>>>
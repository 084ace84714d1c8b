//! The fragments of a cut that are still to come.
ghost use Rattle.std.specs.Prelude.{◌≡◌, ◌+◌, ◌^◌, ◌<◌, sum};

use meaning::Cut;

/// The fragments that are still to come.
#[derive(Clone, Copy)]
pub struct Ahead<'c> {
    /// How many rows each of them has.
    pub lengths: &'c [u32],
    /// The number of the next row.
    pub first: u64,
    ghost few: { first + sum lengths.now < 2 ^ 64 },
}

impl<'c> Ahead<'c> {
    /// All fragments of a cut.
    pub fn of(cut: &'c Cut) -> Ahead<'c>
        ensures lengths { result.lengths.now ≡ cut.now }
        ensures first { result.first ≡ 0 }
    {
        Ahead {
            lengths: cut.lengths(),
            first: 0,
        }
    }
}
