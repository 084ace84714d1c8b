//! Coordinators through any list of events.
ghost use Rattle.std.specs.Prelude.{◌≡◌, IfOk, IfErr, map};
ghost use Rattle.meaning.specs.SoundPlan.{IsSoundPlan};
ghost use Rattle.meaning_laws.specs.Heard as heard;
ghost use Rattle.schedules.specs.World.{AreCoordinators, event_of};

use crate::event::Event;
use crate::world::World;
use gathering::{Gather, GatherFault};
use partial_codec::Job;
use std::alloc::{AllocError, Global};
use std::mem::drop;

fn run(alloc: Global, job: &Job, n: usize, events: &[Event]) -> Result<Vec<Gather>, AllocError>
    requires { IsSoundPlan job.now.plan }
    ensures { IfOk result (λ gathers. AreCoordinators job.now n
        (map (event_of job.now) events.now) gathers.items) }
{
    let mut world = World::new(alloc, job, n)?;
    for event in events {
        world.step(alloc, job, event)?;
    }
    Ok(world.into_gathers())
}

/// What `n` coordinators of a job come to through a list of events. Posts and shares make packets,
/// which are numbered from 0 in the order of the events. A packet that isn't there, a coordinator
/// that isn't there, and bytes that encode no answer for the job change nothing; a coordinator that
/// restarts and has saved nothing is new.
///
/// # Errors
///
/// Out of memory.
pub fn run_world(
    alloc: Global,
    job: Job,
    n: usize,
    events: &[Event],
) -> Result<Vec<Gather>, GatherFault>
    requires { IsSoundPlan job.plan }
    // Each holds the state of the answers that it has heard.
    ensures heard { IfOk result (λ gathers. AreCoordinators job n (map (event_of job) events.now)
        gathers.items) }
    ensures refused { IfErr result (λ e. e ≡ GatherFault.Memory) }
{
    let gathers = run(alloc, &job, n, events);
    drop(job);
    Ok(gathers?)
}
<<<
>>>
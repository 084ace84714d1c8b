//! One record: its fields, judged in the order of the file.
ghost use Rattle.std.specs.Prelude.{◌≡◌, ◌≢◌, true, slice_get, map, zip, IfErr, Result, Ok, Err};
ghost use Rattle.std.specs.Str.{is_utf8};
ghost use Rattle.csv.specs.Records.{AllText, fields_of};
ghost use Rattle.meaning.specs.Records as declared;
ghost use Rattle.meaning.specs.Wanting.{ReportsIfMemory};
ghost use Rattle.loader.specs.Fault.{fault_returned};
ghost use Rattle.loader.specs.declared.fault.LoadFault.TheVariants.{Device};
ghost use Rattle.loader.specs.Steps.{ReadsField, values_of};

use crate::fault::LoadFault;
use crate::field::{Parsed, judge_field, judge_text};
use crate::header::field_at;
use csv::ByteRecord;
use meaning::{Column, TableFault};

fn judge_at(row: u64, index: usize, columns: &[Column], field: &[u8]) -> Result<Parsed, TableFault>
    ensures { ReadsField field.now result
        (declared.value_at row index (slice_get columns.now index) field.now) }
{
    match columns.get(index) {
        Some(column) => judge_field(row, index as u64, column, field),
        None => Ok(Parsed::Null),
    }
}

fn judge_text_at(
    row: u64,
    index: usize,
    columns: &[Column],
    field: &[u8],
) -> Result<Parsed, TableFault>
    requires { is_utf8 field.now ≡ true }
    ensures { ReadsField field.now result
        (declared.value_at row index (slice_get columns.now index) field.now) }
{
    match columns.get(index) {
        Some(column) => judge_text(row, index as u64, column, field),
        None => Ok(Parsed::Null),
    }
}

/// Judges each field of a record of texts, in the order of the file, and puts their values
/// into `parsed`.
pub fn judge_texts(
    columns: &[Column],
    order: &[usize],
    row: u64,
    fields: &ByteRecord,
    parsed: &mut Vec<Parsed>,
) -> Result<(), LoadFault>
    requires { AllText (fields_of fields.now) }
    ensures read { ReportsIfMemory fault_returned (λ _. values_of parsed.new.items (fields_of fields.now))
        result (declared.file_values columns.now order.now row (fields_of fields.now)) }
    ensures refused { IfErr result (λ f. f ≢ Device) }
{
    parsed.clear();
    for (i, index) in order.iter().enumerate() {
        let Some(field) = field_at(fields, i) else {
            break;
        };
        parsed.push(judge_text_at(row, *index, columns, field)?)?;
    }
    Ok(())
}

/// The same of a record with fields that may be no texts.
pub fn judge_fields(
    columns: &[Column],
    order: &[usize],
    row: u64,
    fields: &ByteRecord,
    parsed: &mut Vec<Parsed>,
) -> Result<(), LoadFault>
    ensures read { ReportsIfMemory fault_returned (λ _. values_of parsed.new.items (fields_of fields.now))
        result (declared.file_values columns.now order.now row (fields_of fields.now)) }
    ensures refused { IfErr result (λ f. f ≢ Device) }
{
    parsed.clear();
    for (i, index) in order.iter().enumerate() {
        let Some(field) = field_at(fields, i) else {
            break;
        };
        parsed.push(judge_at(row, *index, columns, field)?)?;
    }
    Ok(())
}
<<<
>>>
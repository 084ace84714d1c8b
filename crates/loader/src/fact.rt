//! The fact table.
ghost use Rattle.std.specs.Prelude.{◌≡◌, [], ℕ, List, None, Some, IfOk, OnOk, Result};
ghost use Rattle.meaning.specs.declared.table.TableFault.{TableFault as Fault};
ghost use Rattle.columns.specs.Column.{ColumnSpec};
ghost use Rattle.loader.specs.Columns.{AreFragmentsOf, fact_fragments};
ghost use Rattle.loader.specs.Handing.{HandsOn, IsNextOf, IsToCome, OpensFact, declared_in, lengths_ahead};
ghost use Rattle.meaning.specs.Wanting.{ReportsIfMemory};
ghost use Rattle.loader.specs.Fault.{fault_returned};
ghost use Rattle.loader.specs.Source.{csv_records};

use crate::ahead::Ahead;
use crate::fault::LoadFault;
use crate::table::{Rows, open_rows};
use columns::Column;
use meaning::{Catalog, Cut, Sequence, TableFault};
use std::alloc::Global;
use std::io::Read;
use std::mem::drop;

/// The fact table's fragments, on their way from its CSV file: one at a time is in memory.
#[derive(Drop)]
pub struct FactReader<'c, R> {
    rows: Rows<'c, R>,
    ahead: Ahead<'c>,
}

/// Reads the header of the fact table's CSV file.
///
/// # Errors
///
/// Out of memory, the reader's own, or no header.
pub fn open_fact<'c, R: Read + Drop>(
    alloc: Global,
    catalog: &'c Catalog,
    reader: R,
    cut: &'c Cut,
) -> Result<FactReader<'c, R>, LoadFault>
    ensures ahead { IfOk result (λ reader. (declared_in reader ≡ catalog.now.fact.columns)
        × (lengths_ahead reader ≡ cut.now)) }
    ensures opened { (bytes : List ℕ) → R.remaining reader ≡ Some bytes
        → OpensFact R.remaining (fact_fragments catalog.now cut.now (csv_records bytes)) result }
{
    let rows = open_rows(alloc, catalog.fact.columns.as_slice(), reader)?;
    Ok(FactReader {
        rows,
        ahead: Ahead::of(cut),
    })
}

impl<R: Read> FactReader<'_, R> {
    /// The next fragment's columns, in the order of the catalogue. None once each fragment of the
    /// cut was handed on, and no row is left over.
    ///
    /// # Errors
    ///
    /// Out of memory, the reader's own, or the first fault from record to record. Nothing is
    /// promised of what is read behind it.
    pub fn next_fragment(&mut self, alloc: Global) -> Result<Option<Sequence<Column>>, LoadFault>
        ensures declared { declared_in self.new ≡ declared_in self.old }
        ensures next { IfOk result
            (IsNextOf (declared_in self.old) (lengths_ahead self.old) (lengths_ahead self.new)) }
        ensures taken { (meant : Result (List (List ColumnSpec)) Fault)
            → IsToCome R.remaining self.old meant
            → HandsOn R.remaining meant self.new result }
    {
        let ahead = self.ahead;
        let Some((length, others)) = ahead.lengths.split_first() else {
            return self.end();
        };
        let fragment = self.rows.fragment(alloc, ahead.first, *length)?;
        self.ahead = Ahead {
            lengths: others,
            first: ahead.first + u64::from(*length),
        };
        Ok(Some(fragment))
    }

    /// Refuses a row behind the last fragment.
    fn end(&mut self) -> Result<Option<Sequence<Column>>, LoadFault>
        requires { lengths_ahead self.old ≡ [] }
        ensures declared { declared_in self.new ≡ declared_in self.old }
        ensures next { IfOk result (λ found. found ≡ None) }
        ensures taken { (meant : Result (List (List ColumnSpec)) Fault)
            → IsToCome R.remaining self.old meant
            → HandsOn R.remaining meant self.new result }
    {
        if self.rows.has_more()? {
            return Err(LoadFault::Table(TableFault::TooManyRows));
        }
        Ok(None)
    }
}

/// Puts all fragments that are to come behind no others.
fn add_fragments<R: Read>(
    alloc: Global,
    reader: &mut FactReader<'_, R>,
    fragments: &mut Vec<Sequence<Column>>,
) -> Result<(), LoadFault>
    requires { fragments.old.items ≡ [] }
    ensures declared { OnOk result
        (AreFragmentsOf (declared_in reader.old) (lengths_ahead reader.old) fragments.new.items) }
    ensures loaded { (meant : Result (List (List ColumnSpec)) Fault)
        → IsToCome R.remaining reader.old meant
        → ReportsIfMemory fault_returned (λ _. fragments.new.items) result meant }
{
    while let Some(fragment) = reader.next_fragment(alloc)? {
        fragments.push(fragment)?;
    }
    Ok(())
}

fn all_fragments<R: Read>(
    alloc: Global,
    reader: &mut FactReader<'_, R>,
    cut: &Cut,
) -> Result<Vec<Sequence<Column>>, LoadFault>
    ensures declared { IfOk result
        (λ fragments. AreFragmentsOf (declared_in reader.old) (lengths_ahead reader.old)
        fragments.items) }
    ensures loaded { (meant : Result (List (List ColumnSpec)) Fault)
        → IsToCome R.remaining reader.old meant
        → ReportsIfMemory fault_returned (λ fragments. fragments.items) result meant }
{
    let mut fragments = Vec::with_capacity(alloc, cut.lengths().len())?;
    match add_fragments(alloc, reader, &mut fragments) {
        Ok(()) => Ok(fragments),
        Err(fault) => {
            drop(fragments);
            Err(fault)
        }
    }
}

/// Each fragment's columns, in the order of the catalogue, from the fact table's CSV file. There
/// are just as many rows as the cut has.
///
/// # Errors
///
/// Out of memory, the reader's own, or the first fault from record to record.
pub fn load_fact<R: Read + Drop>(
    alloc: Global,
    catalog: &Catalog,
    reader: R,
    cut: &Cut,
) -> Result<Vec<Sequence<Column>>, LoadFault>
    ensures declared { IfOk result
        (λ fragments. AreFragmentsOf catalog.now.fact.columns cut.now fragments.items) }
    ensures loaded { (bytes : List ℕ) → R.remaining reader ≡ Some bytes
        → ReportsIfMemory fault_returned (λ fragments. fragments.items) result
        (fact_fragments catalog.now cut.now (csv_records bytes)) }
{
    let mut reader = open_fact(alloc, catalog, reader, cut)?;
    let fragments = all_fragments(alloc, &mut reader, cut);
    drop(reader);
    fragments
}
<<<
- TASK OBJECTIVE
Reproduce each line above that contains "bytes".

- RESULT
/// that isn't there, and bytes that encode no answer for the job change nothing; a coordinator that
    ensures opened { (bytes : List ℕ) → R.remaining reader ≡ Some bytes
        → OpensFact R.remaining (fact_fragments catalog.now cut.now (csv_records bytes)) result }
    ensures loaded { (bytes : List ℕ) → R.remaining reader ≡ Some bytes
        (fact_fragments catalog.now cut.now (csv_records bytes)) }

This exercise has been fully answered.